[Data to use — start]
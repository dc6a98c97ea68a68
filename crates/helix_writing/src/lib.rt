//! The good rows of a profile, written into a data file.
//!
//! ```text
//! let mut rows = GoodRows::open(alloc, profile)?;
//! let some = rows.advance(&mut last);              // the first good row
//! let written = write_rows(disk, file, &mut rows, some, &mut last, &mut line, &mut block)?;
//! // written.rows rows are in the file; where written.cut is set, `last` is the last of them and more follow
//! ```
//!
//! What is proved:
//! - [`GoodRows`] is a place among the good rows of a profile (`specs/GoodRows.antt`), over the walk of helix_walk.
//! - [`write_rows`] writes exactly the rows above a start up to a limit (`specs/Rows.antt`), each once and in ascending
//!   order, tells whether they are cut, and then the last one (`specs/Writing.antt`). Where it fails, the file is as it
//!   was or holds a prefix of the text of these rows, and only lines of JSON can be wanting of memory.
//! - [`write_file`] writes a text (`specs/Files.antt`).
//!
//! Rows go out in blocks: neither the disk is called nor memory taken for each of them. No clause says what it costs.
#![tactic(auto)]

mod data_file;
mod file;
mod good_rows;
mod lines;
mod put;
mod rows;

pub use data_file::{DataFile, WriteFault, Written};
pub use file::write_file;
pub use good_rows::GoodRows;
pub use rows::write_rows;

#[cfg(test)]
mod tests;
[Data to use — finish]
[Data to use — start]
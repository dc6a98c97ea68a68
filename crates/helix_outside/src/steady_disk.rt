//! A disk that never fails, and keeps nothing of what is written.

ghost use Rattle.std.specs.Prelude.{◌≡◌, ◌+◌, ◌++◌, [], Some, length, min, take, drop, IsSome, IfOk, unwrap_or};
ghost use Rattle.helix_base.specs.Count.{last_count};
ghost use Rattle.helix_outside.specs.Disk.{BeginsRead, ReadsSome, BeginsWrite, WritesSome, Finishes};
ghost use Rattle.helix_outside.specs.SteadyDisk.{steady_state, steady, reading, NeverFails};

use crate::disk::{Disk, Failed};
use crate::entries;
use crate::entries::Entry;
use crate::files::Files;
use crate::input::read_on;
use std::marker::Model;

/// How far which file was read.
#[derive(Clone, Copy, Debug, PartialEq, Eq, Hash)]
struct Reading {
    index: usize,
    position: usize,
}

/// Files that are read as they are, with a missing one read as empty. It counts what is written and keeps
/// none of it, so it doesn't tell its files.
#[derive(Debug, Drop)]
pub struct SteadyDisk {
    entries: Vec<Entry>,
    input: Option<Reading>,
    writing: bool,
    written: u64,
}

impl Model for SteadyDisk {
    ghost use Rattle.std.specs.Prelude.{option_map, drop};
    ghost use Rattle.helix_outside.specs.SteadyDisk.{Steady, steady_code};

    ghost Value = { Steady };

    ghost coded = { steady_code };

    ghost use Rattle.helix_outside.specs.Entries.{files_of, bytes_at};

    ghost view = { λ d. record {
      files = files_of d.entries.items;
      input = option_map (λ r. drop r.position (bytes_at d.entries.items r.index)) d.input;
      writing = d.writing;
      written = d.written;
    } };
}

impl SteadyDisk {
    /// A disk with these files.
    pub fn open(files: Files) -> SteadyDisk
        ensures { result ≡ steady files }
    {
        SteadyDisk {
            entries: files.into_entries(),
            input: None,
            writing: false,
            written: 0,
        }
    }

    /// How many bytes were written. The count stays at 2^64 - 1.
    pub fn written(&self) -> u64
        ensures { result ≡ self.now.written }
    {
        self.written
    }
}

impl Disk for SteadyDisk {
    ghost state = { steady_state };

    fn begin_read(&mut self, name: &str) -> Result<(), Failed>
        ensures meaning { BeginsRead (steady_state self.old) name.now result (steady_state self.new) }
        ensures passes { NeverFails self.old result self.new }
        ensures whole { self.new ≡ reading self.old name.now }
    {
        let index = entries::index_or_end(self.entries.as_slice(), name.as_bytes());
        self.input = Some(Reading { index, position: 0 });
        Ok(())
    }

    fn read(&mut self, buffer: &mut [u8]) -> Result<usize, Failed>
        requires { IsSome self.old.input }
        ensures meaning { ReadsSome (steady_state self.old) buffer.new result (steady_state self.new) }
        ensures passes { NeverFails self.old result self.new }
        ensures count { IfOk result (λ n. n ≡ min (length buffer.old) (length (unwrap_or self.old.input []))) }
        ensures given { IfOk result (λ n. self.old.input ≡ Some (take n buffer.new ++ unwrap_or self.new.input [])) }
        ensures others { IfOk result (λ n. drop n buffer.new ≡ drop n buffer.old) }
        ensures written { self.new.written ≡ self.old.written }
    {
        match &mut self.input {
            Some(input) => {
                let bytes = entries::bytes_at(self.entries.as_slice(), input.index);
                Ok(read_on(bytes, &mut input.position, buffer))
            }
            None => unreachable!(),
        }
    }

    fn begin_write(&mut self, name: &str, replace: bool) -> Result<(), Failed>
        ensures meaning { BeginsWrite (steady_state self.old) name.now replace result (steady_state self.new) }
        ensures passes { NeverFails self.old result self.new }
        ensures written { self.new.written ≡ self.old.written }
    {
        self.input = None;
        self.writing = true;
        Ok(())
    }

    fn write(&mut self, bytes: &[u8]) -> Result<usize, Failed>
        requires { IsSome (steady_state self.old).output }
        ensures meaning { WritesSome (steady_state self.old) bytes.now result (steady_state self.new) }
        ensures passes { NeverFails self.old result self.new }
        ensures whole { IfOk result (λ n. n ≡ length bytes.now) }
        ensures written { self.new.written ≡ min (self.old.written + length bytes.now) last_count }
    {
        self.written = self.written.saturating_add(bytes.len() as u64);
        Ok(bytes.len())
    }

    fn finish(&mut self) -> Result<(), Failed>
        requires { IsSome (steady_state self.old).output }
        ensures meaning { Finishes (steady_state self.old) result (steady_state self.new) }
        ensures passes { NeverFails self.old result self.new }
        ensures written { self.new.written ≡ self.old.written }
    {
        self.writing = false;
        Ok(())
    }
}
[Data to use — finish]
▸ Your goal: Please count the lines in the data that include the word "Prelude" and report the number by itself.

▸ Result for this exercise: 2